The collection provides some interesting examples of productive ways to look at the Roman novel in its literary tradition, but it has some pitfalls. An index locorum would have been desirable, even if, as a rule, the essays address specific passages or problems and the volume is not hard to navigate. A more serious issue is the lack of an introduction, which implies lack of dialogue between the essays and which often results in a deficient engagement with the larger scholarly debate. For instance, key terms (such as genre, model, allusion, parallel and intertextuality) recur throughout the collection but seem to take on different meanings for different authors (e.g. p. 41, 64, 81 and 115). The high number of typos (e.g. p. 53, 64, 90 and 110) and the inconsistencies in the lists of bibliographical references following each essay display carelessness (e.g.
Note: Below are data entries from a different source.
//! What memos become, and what is answered.
use crate::tests::steps::first_wrong;
use std::test::Fail;

// Among them: a filter over a scan and over a project of it, where the scan and the project then become one set, in which the project
// stands over the set itself; four numbers gone at once; a number gone into one that goes; types that meet.
const STEPS: &str = "s => 0 | 0:s | 10/9 | 0 | 1
sf sf => 1 1 | 0:s 1:0f | 10/9 10/9 | 0 1 | 2
usj => 2 | 0:u 1:s 2:01j | 3/20 10/9 30/20 | 0 1 2 | 3
sf spf => 1 3 | 0:s 1:0f 2:0p 3:2f | 10/9 10/9 10/9 10/9 | 0 1 2 3 | 4
sf spf 2=0 => 1 3 merged 02 | 0:s 1:0f 0:0p | 10/9 10/9 - - | 0 1 0 1 | 4
sf 0=s 1=1pp => 1 known 0 added 1 | 0:s 1:0f 2:1p 1:2p | 10/9 10/9 10/9 | 0 1 2 | 4
sf 1=1p => 1 added 1 | 0:s 1:0f 1:1p | 10/9 10/9 | 0 1 | 3
sfff spfff 4=0 => 3 7 merged 04 | 0:s 1:0f 2:1f 3:2f 0:0p | 10/9 10/9 10/9 10/9 - - - - | 0 1 2 3 0 1 2 3 | 8
s u 1=s => 0 1 merged 01 | 0:s 0:u | 3/9 - | 0 0 | 2
s u up 2=1 0=1 => 0 1 2 merged 12 merged 01 | 0:s 0:u 0:0p | 3/9 - - | 0 0 0 | 3";

const NEARLY_FULL: &str = "sf => full | | | | 1023
s u s => 0 full 0 | 0:s | 10/9 | 0 | 1024
s 0=0 0=0p => 0 known 0 full | 0:s | 10/9 | 0 | 1024";

#[test]
fn memos(rt: HostRuntime) -> Result<(), Fail> {
    let wrong = first_wrong(rt.alloc(), 0, STEPS)?;
    assert_eq!(rt; wrong, "");
    Ok(())
}

#[test]
fn memos_that_are_nearly_full(rt: HostRuntime) -> Result<(), Fail> {
    let wrong = first_wrong(rt.alloc(), 1023, NEARLY_FULL)?;
    assert_eq!(rt; wrong, "");
    Ok(())
}
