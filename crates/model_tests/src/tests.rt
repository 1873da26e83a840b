ghost use Rattle.std.specs.Prelude.{◌≤◌, [], ◌∷◌, length, IfOk};
ghost use Rattle.model_json.specs.ModelOf.{AreShort};

use cal_schema::{AdapterKind, ColumnDef};
use cal_value::{COLUMN_LIMIT, List, NoMemory, Row, SqlText, Value};
use model_json::{Model, ModelFault, TableSource, read_model, resolve, sources};
use std::alloc::Global;
use std::test::Fail;

// The columns of a file: A of whole numbers and B of texts.
fn header(alloc: Global) -> Result<List<ColumnDef>, Fail>
    ensures { IfOk result (λ columns. length columns ≤ COLUMN_LIMIT) }
{
    let mut columns = List::new(alloc);
    let column = ColumnDef::parse(alloc, "A:int")?;
    columns.push(column)?;
    let column = ColumnDef::parse(alloc, "B:string")?;
    columns.push(column)?;
    Ok(columns)
}

fn header_of(alloc: Global, name: &Option<SqlText>) -> Result<Option<List<ColumnDef>>, Fail>
    ensures { IfOk result (λ header. AreShort (header ∷ [])) }
{
    match name {
        Some(_) => Ok(Some(header(alloc)?)),
        None => Ok(None),
    }
}

fn headers_of(alloc: Global, tables: &[TableSource]) -> Result<List<Option<List<ColumnDef>>>, Fail>
    ensures { IfOk result AreShort }
{
    let mut headers = List::new(alloc);
    for table in tables {
        headers.push(header_of(alloc, &table.file)?)?;
    }
    Ok(headers)
}

// The model, where each file has that header.
fn model(alloc: Global, text: &str) -> Result<Result<Model, ModelFault>, Fail> {
    let doc = match read_model(alloc, text.as_bytes()) {
        Ok(doc) => doc,
        Err(fault) => return Ok(Err(fault)),
    };
    let tables = sources(alloc, &doc)?;
    let headers = headers_of(alloc, tables.as_slice())?;
    Ok(resolve(alloc, doc, &headers))
}

fn has_fault(alloc: Global, text: &str, path: &str, cause: &str) -> Result<bool, Fail> {
    match model(alloc, text)? {
        Err(
            ModelFault::BadModel {
                path: found,
                cause: why,
            },
        ) => {
            let why = format!(in alloc; "{why}")?;
            Ok(found.as_slice() == path.as_bytes() && why.as_str() == cause)
        }
        _ => Ok(false),
    }
}

// The first line whose model has another fault, and the empty text where there is none. A line is the path below `at`, the cause, and what
// stands in the model between `before` and `after`.
fn wrong_line<'a>(
    alloc: Global,
    at: &str,
    before: &str,
    lines: &'a str,
    after: &str,
) -> Result<&'a str, Fail> {
    for line in lines.lines() {
        if line.is_empty() {
            continue;
        }
        let (path, rest) = line.split_once(' ').ok_or("no cause")?;
        let (cause, text) = rest.split_once(' ').ok_or("no text")?;
        let path = format!(in alloc; "{at}{path}")?;
        let text = format!(in alloc; "{before}{text}{after}")?;
        if !has_fault(alloc, text.as_str(), path.as_str(), cause)? {
            return Ok(line);
        }
    }
    Ok("")
}

const DOCUMENTS: &str = r#"
/ WrongKind []
/version BadValue {"version":"1.1","schemas":[]}
/version WrongKind {"version":1,"schemas":{}}
/version WrongKind {"version":null,"schemas":[]}
/schemas Missing {}
/schemas WrongKind {"schemas":{},"defaultSchema":1}
/defaultSchema NoSuchName {"schemas":[1],"defaultSchema":"S"}
/defaultSchema NoSuchName {"schemas":[{"name":"s"}],"defaultSchema":"S"}
/defaultSchema WrongKind {"schemas":[1],"defaultSchema":2}
/schemas/0 WrongKind {"schemas":[1],"version":"1.0"}
/schemas/0/name Missing {"schemas":[{"type":1}]}
/schemas/2/name Repeated {"schemas":[{"name":"S"},{"name":"T"},{"tables":1,"name":"S"}]}
/schemas/0/type BadValue {"schemas":[{"name":"S","type":"jdbc","tables":1}]}
/schemas/0/tables WrongKind {"schemas":[{"name":"S","type":"map","tables":{}}]}
/schemas/1/lattices NotYet {"schemas":[{"name":"S","lattices":[]},{"name":"T","lattices":[{}]}]}
/schemas/0/lattices WrongKind {"schemas":[{"name":"S","lattices":{}}]}
/schemas/1/name Repeated {"schemas":[{"name":"S","lattices":[1]},{"name":"S"}]}
"#;

const TABLES: &str = r#"
0 WrongKind 1
0/name Missing {}
0/name WrongKind {"name":1,"type":1}
0/type BadValue {"name":"T","type":"view","factory":1}
0/factory Missing {"name":"T","type":"custom"}
0/factory BadValue {"name":"T","factory":"org"}
0/operand Missing {"name":"T","factory":"cal.MemTableFactory"}
0/operand WrongKind {"name":"T","factory":"cal.MemTableFactory","operand":[]}
1/name Repeated {"name":"T","factory":"cal.MemTableFactory","operand":{"columns":["A"],"rows":[]}},{"name":"T"}
"#;

const OPERANDS: &str = r#"
maxRows BadValue "maxRows":0
maxRows BadValue "maxRows":-1
maxRows BadValue "maxRows":1.0
maxRows BadValue "maxRows":1e3
maxRows BadValue "maxRows":1048577
maxRows WrongKind "maxRows":"1"
columns Missing "maxRows":1048576
columns WrongKind "columns":{}
columns BadValue "columns":[]
columns/0 WrongKind "columns":[1]
columns/1 BadValue "columns":["A:int","A:byte"]
columns/1 BadValue "columns":["A:int",":int"]
columns/2 Repeated "columns":["A:int","B","A"]
rows Missing "columns":["A:int"]
rows WrongKind "columns":["A:int"],"rows":null
rows TooMany "columns":["A:int"],"maxRows":1,"rows":[1,2]
"#;

const ROWS: &str = r#"
0 WrongKind 1
1 BadValue [1,true,"x",2],[1,true]
0 BadValue [1,true,"x",2,3]
0/0 BadValue [1.0,true,"x",2]
0/0 BadValue [1e3,true,"x",2]
0/0 BadValue [-0,true,"x",2]
0/0 BadValue [2147483648,true,"x",2]
0/0 BadValue [99999999999999999999,true,"x",2]
0/0 WrongKind [true,true,"x",2]
0/0 WrongKind [[true],true,"x",2]
0/0 WrongKind ["1",true,"x",2]
0/1 WrongKind [1,1,"x",2]
0/2 WrongKind [1,null,2,2]
0/3 BadValue [1,null,null,32768]
1/3 WrongKind [1,null,"x",-32768],[null,false,"",{}]
"#;

const KEYS: &str = r#"
primaryKey WrongKind "primaryKey":1,"rows":[]
primaryKey/0 WrongKind "primaryKey":[1],"rows":[]
primaryKey/1 NoSuchName "primaryKey":["A","C"],"rows":[]
primaryKey/0 NoSuchName "primaryKey":["a"],"rows":[]
primaryKey/2 Repeated "primaryKey":["A","B","A"],"rows":[[null,null]]
rows/2 NullValue "primaryKey":["A"],"rows":[[1,null],[2,null],[null,null],[1,null]]
rows/2 KeyTaken "primaryKey":["A"],"rows":[[1,"x"],[2,"x"],[1,"y"],[null,"x"]]
rows/3 KeyTaken "primaryKey":["B","A"],"rows":[[1,"x"],[2,"x"],[1,"y"],[2,"x"]]
rows/2/1 WrongKind "primaryKey":1,"rows":[[1,"x"],[2,"x"],[1,2]]
"#;

const FILES: &str = r#"
tables/0/operand/file Missing "maxRows":1
tables/0/operand/file WrongKind "file":1,"maxRows":0
tables/0/operand/file Compressed "file":"a.gz"
tables/0/operand/file Compressed "file":"a.Gz"
tables/0/operand/file Compressed "file":".gZ"
tables/0/operand/maxRows BadValue "file":"a.csv","maxRows":0,"primaryKey":1
tables/1/name Missing "file":"gz","primaryKey":1}},{"operand":{
tables/0/operand/primaryKey WrongKind "file":"agz","primaryKey":1
tables/0/operand/primaryKey/0 WrongKind "file":"a","primaryKey":[1,"C"]
tables/0/operand/primaryKey/1 NoSuchName "file":"a","primaryKey":["B","C"]
tables/0/operand/primaryKey/1 Repeated "file":"a","primaryKey":["B","B"]
tables/1/operand/primaryKey/0 NoSuchName "file":"a","primaryKey":["B"]}},{"name":"U","factory":"org.apache.calcite.adapter.csv.CsvTableFactory","operand":{"file":"b","primaryKey":["C"]
lattices NotYet "file":"a","primaryKey":["B","A"]
"#;

// A table in memory, up to its operand.
const MEMORY: &str =
    r#"{"schemas":[{"name":"S","tables":[{"name":"T","factory":"cal.MemTableFactory","operand":{"#;

// A table that is read from a file, up to its operand.
const FILE: &str =
    r#"{"schemas":[{"name":"S","lattices":[1],"tables":[{"name":"T","factory":"org.apache.calcite.adapter.csv.CsvTableFactory","operand":{"#;

#[test]
fn faults_with_their_paths(rt: HostRuntime) -> Result<(), Fail> {
    let alloc = rt.alloc();
    let schema = r#"{"schemas":[{"name":"S","tables":["#;
    let rows = format!(in alloc;
        "{MEMORY}\"columns\":[\"A:int\",\"B:boolean\",\"C\",\"D:short\"],\"rows\":["
    )?;
    let keys = format!(in alloc; "{MEMORY}\"columns\":[\"A:int\",\"B\"],")?;
    let operand = "/schemas/0/tables/0/operand/";
    let row = "/schemas/0/tables/0/operand/rows/";
    for (at, before, lines, after) in [
        ("", "", DOCUMENTS, ""),
        ("/schemas/0/tables/", schema, TABLES, "]}]}"),
        (operand, MEMORY, OPERANDS, "}}]}]}"),
        (row, rows.as_str(), ROWS, "]}}]}]}"),
        (operand, keys.as_str(), KEYS, "}}]}]}"),
        ("/schemas/0/", FILE, FILES, "}}]}]}"),
    ] {
        assert_eq!(rt; wrong_line(alloc, at, before, lines, after)?, "");
    }
    Ok(())
}

fn repeated(alloc: Global, text: &str, times: usize) -> Result<String, NoMemory> {
    let mut all = String::new(alloc);
    for _ in 0..times {
        all.push_str(text)?;
    }
    Ok(all)
}

// So many tables T1, T2 .. of a schema.
fn many_tables(alloc: Global, count: usize) -> Result<String, NoMemory> {
    let mut all = String::new(alloc);
    for number in 0..count {
        if number > 0 {
            all.push_str(",")?;
        }
        let table = format!(in alloc;
            "{{\"name\":\"T{number}\",\"factory\":\"cal.MemTableFactory\",\"operand\":{{\"columns\":[\"A\"],\"rows\":[]}}}}"
        )?;
        all.push_str(table.as_str())?;
    }
    Ok(all)
}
Conte’s L’autore nascosto is listed three times and in three different ways).
Table of contents
Premessa (Fabio Gasti)
Il romanzo petroniano: bilanci e prospettive (Paolo Fedeli)
Il capitolo 5 del Satyricon : una proposata di lettura (Giulio Vannini)
Una seduta deliberante nel Satyricon (101,6-103.2) (Valeria Maria Patimo)
Apuleio e Achille Tazio. Una scena di caccia e una ‘regola aurea’ (Luca Graverini)
Questioni didattiche a margine delle Metamorfosi di Apuleio: una proposta di lettura (Mara Aschei)
Apuleio e Scarron: legami intertestuali tra le Metamorfosi e il Roman comique (Vittorio Fortunati)
A fisherman’s Cloak and the Literary Texture of the Story of Apollonius, King of Tyre (Stelios Panayotakis)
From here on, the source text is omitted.